Ridge Preservation Using a Novel Freeze-dried Enzyme-deantigenic Bone Paste: A Histomorphometric-retrospective Pilot Case Series

Andrea Salmaso, Elena Canciani, Daniele Graziano, Claudia Dellavia

Keywords : Bone formation, Equine bone substitutes, Freeze-dried bone paste, Post-extractive sockets, Ridge preservation, Three-dimensional collagen matrix, Xenograft

Citation Information : Salmaso A, Canciani E, Graziano D, Dellavia C. Ridge Preservation Using a Novel Freeze-dried Enzyme-deantigenic Bone Paste: A Histomorphometric-retrospective Pilot Case Series. J Contemp Dent Pract 2020; 21 (9):1059-1067.
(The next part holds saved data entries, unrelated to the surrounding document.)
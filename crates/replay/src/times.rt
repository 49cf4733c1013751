//! The frame times of moovs and of recordings.
use crate::case::{Bytes, Case, Fault};
use crate::lent::Room;
use crate::line::{Line, Values};
use refusal::Refusal;
use ticks::FrameTimes;

impl Values for FrameTimes {
    fn say(self, line: &mut Line) -> Result<(), Fault> {
        line.value(self.frames)?;
        line.value(self.scale)?;
        line.value(self.nominal)?;
        line.value(self.end)
    }
}

// Frame times, and the starts that were written; a refusal writes none.
fn say_times(
    line: &mut Line,
    answer: Result<FrameTimes, Refusal>,
    starts: &Room<i64>,
) -> Result<(), Fault> {
    line.answer(answer)?;
    line.written(starts, answer.map_or(0, |times| times.frames))
}

/// video_frame_times_of_moov BYTES FLAG ROOM ROOM ROOM
pub fn video_frame_times_of_moov(case: &mut Case<'_>, line: &mut Line) -> Result<(), Fault> {
    let Bytes(moov) = case.take()?;
    let standard = case.take()?;
    let mut starts: Room<i64> = case.take()?;
    let mut first_work: Room<i64> = case.take()?;
    let mut second_work: Room<i64> = case.take()?;
    case.end()?;
    let answer = frame_times::video_frame_times_of_moov(
        moov.as_slice(),
        standard,
        starts.lend(),
        first_work.lend(),
        second_work.lend(),
    );
    line.cleared(&first_work);
    line.cleared(&second_work);
    say_times(line, answer, &starts)
}

/// mcraw_times LONGS ROOM ROOM
pub fn mcraw_times(case: &mut Case<'_>, line: &mut Line) -> Result<(), Fault> {
    let timestamps: Vec<i64> = case.take()?;
    let mut starts: Room<i64> = case.take()?;
    let mut work: Room<i64> = case.take()?;
    case.end()?;
    let answer = mcraw::mcraw_times(timestamps.as_slice(), starts.lend(), work.lend());
    line.cleared(&work);
    say_times(line, answer, &starts)
}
DOI: 10.5005/jp-journals-10024-2925

License: CC BY-NC 4.0

Published Online: 22-01-2021

Copyright Statement:  Copyright © 2020; The Author(s).


Aim and objective: The aim of this study is to provide preliminary retrospective evidence concerning the histologic and histomorphometric outcome of a novel freeze-dried equine-derived bone paste (EDEBEX) for ridge preservation of sockets following tooth extraction. Materials and methods: This pilot retrospective case series describes the histologic and histomorphometric outcome of three patients who received the equine-derived bone paste in post-extractive sockets to allow the preservation of the alveolar ridge. Patients were later rehabilitated with monolithic-zirconia, implant-supported prostheses. Results: All patients healed uneventfully. The collected biopsies showed a prevalence of bone formation at 4 months, compact lamellar bone, with well-defined lamellae surrounding Haversian and Volkmann's canals at 6 months, and an intermediate degree of maturation in active anabolic phase at 7 months after grafting. The amount of mineralized matrix was 63.3–70.7%, whereas medullar spaces were 26.0–30.7%. Conclusion: Histologic examination showed that the bone paste was fully biocompatible. Bone regeneration occurred within the first 4 months from grafting, with 63.3–70.7% mineralized bone matrix. The residual biomaterial, when present, did not exceed, on average, 2%. Clinical significance: Ridge preservation using bone substitutes as an alternative to autogenous bone is known to be effective. However, available clinical evidence still does not indicate the biomaterial, if any, that should be preferred to carry it out. The equine bone paste used in the present study appears to be a good candidate for further investigation because it is easy to handle in the clinical setting and it displays a good bone formation rate.